I prefer Enneagram. I have only come across mbti through the Enneagram. The best however, is to combine the two.
It is true they measure different things. A simplified explanation of the difference: mbti tells us how we do things, Enneagram tells us why we do things.
Mbti is built in a more consistent and orderly way, but Enneagram can appeal more in an intuitive way. My conclusion on my mbti-types was a decision based on logic, my decision on my Enneatype was through some 'Wow, this is me' moment.
I feel closer to people with the same Enneatype than those with the same mbti-type. 
For people working together, their mbti-type might be more important.

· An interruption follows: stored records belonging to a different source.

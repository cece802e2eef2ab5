ghost use Rattle.std.specs.Prelude.{◌≡◌, ℕ};
ghost use Rattle.labels.specs.Known.{known_part};
ghost use Rattle.labels.specs.LabelCalls.{label_of, known_to};

use crate::label::Label;
use crate::part::Part;
use goals::job::Job;

// Does a pending part name one of so many nodes, and ids of so many?
fn is_known_part(part: Part, nodes: usize, ids: u16) -> bool
    ensures { result ≡ known_part nodes ids part }
{
    match part {
        Part::Pending { node, binding, .. } => {
            node < nodes && (binding.outer < ids && binding.inner < ids)
        }
        _ => true,
    }
}

// Does the job know every pending part of the label?
pub fn is_known(job: &Job, label: &Label) -> bool
    ensures { result ≡ known_to job.now (label_of label.now) }
{
    let nodes = job.node_count();
    let ids = job.ids();
    label
        .table
        .parts()
        .iter()
        .all(|part| is_known_part(*part, nodes, ids))
}
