ghost use Rattle.std.specs.Prelude.{◌≡◌, ◌≤◌, true, length};
ghost use Rattle.labels.specs.Table.{before};
ghost use Rattle.labels.specs.Partwise.{moved as moved_by};
ghost use Rattle.labels.specs.Marks.{marked, Marking};
ghost use Rattle.labels.specs.TableView.{parts_in, label_in, Stands, Adds};

use crate::label::LARGEST;
use crate::part::Part;
use crate::table::{Full, Table};
use crate::workspace::MOST_WORK;

// Marks a part's own parts.
fn mark_own(part: Part, marks: &mut [bool])
    requires { before (length marks.old) part ≡ true }
    ensures { marks.new ≡ marked part marks.old }
{
    match part {
        Part::True | Part::False | Part::Pending { .. } => {}
        Part::Not(x) => {
            marks[x] = true;
        }
        Part::And(x, y) | Part::Or(x, y) => {
            marks[x] = true;
            marks[y] = true;
        }
    }
}

// Marks the parts of the label at the root, from the root down. That there is a mark, or a place, for each part is asked of each
// function that goes over both: they have different owners.
pub fn mark(source: &Table<MOST_WORK>, root: usize, marks: &mut [bool])
    requires within { Stands source.now root }
    requires room { length (parts_in source.now) ≤ length marks.old }
    ensures { Marking (parts_in source.now) root 0 marks.new }
{
    marks.fill(false);
    marks[root] = true;
    for k in (0..=root).rev() {
        if marks[k] {
            mark_own(source.part(k), marks);
        }
    }
}

// A part whose own parts have moved.
fn moved(part: Part, to: &[usize]) -> Part
    requires { before (length to.now) part ≡ true }
    ensures { result ≡ moved_by to.now part }
{
    match part {
        Part::True | Part::False | Part::Pending { .. } => part,
        Part::Not(x) => Part::Not(to[x]),
        Part::And(x, y) => Part::And(to[x], to[y]),
        Part::Or(x, y) => Part::Or(to[x], to[y]),
    }
}

// Copies what is marked, which are the parts of the label at the root. By the place and not by an iterator: what is written at
// a place is read again for the parts behind it.
pub fn copy(
    source: &Table<MOST_WORK>,
    root: usize,
    marks: &[bool],
    to: &mut [usize],
    table: &mut Table<LARGEST>,
) -> Result<usize, Full>
    requires within { Stands source.now root }
    requires marks { Marking (parts_in source.now) root 0 marks.now }
    requires wide { length (parts_in source.now) ≤ length marks.now }
    requires room { length (parts_in source.now) ≤ length to.old }
    ensures { Adds table.old table.new (label_in source.now root) result }
{
    for k in 0..=root {
        if marks[k] {
            to[k] = table.add(moved(source.part(k), to))?;
        }
    }
    Ok(to[root])
}
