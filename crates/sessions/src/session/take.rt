ghost use Rattle.std.specs.Prelude.{◌≡◌, ◌<◌, ◌≤◌};
ghost use Rattle.registers.specs.Meaning.{Meaning};
ghost use Rattle.labels.specs.LabelCalls.{label_of};
ghost use Rattle.sessions.specs.State.{World, step_on};
ghost use Rattle.sessions.specs.Answers.{checked_at, step_answer, step_after};
ghost use Rattle.sessions.specs.SessionView.{session_state, world};

use crate::change::apply;
use crate::refusal::StepRefusal;
use crate::session::Session;
use crate::step::Step;
use goals::job::Job;
use goals::time::{Hour, Span};
use labels::state::LabelState;
use labels::workspace::Workspace;
use registers::register::Register;

impl Session {
    // Counts a step of the span, which led to the label.
    fn advance(&mut self, span: Span)
        requires few { self.old.number < 4096 }
        requires short { span.hours ≤ 1000 }
        ensures { session_state self.new ≡ step_on (session_state self.old) span.hours (label_of self.old.label) }
    {
        let number = self.number + 1;
        let hours = self.hour.hours + u32::from(span.hours);
        let is_false = matches!(self.label.state(), LabelState::False);
        self.number = number;
        self.hour = Hour { hours };
        // The first step whose label is FALSE stays the broken one.
        self.broken = self.broken.or(is_false.then_some(number));
    }

    // Takes a step, or refuses it and changes nothing: the label progresses by the facts before it, then the facts lose its
    // takes and gain its puts, the hour grows by its span, and the number by one.
    pub fn step<R: Register>(
        &mut self,
        workspace: &mut Workspace,
        job: &Job,
        register: &mut R,
        step: Step,
    ) -> Result<(), StepRefusal>
        ensures answer { result ≡ step_answer (checked_at job.now (world self.old (R.Register.meaning register.old)) step) }
        ensures after { world self.new (R.Register.meaning register.new)
            ≡ step_after job.now (world self.old (R.Register.meaning register.old)) step.arguments
            (checked_at job.now (world self.old (R.Register.meaning register.old)) step) }
    {
        let operation = self.check(job, register, step)?;
        self.label
            .progress(workspace, job, register, operation.span)?;
        self.advance(operation.span);
        apply(register, &operation, step.arguments);
        Ok(())
    }
}
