ghost use Rattle.std.specs.Prelude.{◌≡◌};
ghost use Rattle.labels.specs.Facts.{bind, value as value_in};

use goals::goal::{Term, Variable};

// The ids of the outer and of the inner variable, 0 where none is bound: parts are compared with their bindings, so that what is
// not bound has one value.
#[derive(Clone, Copy, PartialEq, Eq, Debug)]
pub struct Binding {
    pub outer: u16,
    pub inner: u16,
}

impl Binding {
    // The same, with the variable bound to an id.
    pub fn with(self, variable: Variable, id: u16) -> Binding
        ensures { result ≡ bind variable id self }
    {
        match variable {
            Variable::Outer => Binding { outer: id, ..self },
            Variable::Inner => Binding { inner: id, ..self },
        }
    }

    // The id that a term stands for.
    pub fn value(self, term: Term) -> u16
        ensures { result ≡ value_in self term }
    {
        match term {
            Term::Id(id) => id,
            Term::Bound(Variable::Outer) => self.outer,
            Term::Bound(Variable::Inner) => self.inner,
        }
    }
}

For friendships and love relationships, the Enneagram is more useful.


----------



## ColdWindsRising (Feb 11, 2016)

Gossip Goat said:


> Enneagram because motivations for behaviors are slightly clearer / better to understand.


This is true - Mbti isn't meant to tell us about motivation. While finding a person's motivation is the core of the Enneagram:

Type 1 - perfection
Type 2 - caring
Type 3 - success
Type 4 - identity
Type 5 - independence
Type 6 - security
Type 7 - energy
Type 8 - strength
Type 9 - peace


----------



## Rose for a Heart (Nov 14, 2011)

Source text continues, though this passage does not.